- [ABOUT THIS EXERCISE]: All entries should be copied exactly, none left out.

-------- INPUT DATA

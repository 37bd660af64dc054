//! Whole expressions, and lists of them.

ghost use Rattle.std.specs.Prelude.{◌≡◌};
ghost use Rattle.cif_parse_expr.specs.Gives.{Gives};
ghost use Rattle.cif_parse_expr.specs.Parts as parts;
ghost use Rattle.cif_parse_expr.specs.Reading as reading;

use crate::error::ReadError;
use crate::levels::{Grammar, MAX_DEPTH};
use crate::operands::un;
use crate::parts::{Part, separated_boxes};
use crate::tokens::Read;
use cif_ast::Expr;
use cif_base::{Boxed, Items};
use cif_lex::{Mark, Token};
use std::alloc::Global;

/// An expression at the front, of depth at most 100. Where it is deeper, its first token is told.
#[tactic(auto, unfolding(crate::specs::Reading::expr_at))]
pub fn expr<'a>(alloc: Global, text: &[u8], tokens: &'a [Token]) -> Read<'a, Boxed<Expr>>
    ensures { Gives (λ x. (x.0, x.1.now)) result (reading.expr_at text.now tokens.now) }
{
    let fuel = MAX_DEPTH + 1;
    match (Grammar {
        alloc,
        text,
        fuel,
        un,
    })
    .expr(tokens)
    {
        Ok(((e, _), rest)) => Ok((e, rest)),
        Err(ReadError::TooDeep) => Err(ReadError::NotRead(tokens.len())),
        Err(error) => Err(error),
    }
}

/// An expression, as a part.
pub struct ExprPart;

impl Part for ExprPart {
    type Tree = Boxed<Expr>;

    ghost use Rattle.cif_parse_expr.specs.Reading as reading;

    ghost tree_at = { λ s. reading.expr_at };

    fn read<'a>(&self, alloc: Global, text: &[u8], tokens: &'a [Token]) -> Read<'a, Boxed<Expr>> {
        expr(alloc, text, tokens)
    }
}

/// Expressions with commas between them, each of depth at most 100.
#[tactic(auto, unfolding(crate::specs::Parts::expr_list_at))]
pub fn expr_list<'a>(alloc: Global, text: &[u8], tokens: &'a [Token]) -> Read<'a, Items<Expr>>
    ensures { Gives (λ x. (x.0, x.1.now)) result (parts.expr_list_at text.now tokens.now) }
{
    separated_boxes(&ExprPart, alloc, text, Mark::Comma, tokens)
}

/// Expressions with commas between them, as a part.
pub struct ExprListPart;

impl Part for ExprListPart {
    type Tree = Items<Expr>;

    ghost use Rattle.cif_parse_expr.specs.Parts as parts;

    ghost tree_at = { λ s. parts.expr_list_at };

    fn read<'a>(&self, alloc: Global, text: &[u8], tokens: &'a [Token]) -> Read<'a, Items<Expr>> {
        expr_list(alloc, text, tokens)
    }
}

----------------

- [OUTPUT OF THE EXERCISE]:
repository 37bd660af64dc054
//! Whole expressions, and lists of them.

ghost use Rattle.std.specs.Prelude.{◌≡◌};
ghost use Rattle.cif_parse_expr.specs.Gives.{Gives};
ghost use Rattle.cif_parse_expr.specs.Parts as parts;
ghost use Rattle.cif_parse_expr.specs.Reading as reading;

use crate::error::ReadError;
use crate::levels::{Grammar, MAX_DEPTH};
use crate::operands::un;
use crate::parts::{Part, separated_boxes};
use crate::tokens::Read;
use cif_ast::Expr;
use cif_base::{Boxed, Items};
use cif_lex::{Mark, Token};
use std::alloc::Global;

/// An expression at the front, of depth at most 100. Where it is deeper, its first token is told.
#[tactic(auto, unfolding(crate::specs::Reading::expr_at))]
pub fn expr<'a>(alloc: Global, text: &[u8], tokens: &'a [Token]) -> Read<'a, Boxed<Expr>>
    ensures { Gives (λ x. (x.0, x.1.now)) result (reading.expr_at text.now tokens.now) }
{
    let fuel = MAX_DEPTH + 1;
    match (Grammar {
        alloc,
        text,
        fuel,
        un,
    })
    .expr(tokens)
    {
        Ok(((e, _), rest)) => Ok((e, rest)),
        Err(ReadError::TooDeep) => Err(ReadError::NotRead(tokens.len())),
        Err(error) => Err(error),
    }
}

/// An expression, as a part.
pub struct ExprPart;

impl Part for ExprPart {
    type Tree = Boxed<Expr>;

    ghost use Rattle.cif_parse_expr.specs.Reading as reading;

    ghost tree_at = { λ s. reading.expr_at };

    fn read<'a>(&self, alloc: Global, text: &[u8], tokens: &'a [Token]) -> Read<'a, Boxed<Expr>> {
        expr(alloc, text, tokens)
    }
}

/// Expressions with commas between them, each of depth at most 100.
#[tactic(auto, unfolding(crate::specs::Parts::expr_list_at))]
pub fn expr_list<'a>(alloc: Global, text: &[u8], tokens: &'a [Token]) -> Read<'a, Items<Expr>>
    ensures { Gives (λ x. (x.0, x.1.now)) result (parts.expr_list_at text.now tokens.now) }
{
    separated_boxes(&ExprPart, alloc, text, Mark::Comma, tokens)
}

/// Expressions with commas between them, as a part.
pub struct ExprListPart;

impl Part for ExprListPart {
    type Tree = Items<Expr>;

    ghost use Rattle.cif_parse_expr.specs.Parts as parts;

    ghost tree_at = { λ s. parts.expr_list_at };

    fn read<'a>(&self, alloc: Global, text: &[u8], tokens: &'a [Token]) -> Read<'a, Items<Expr>> {
        expr_list(alloc, text, tokens)
    }
}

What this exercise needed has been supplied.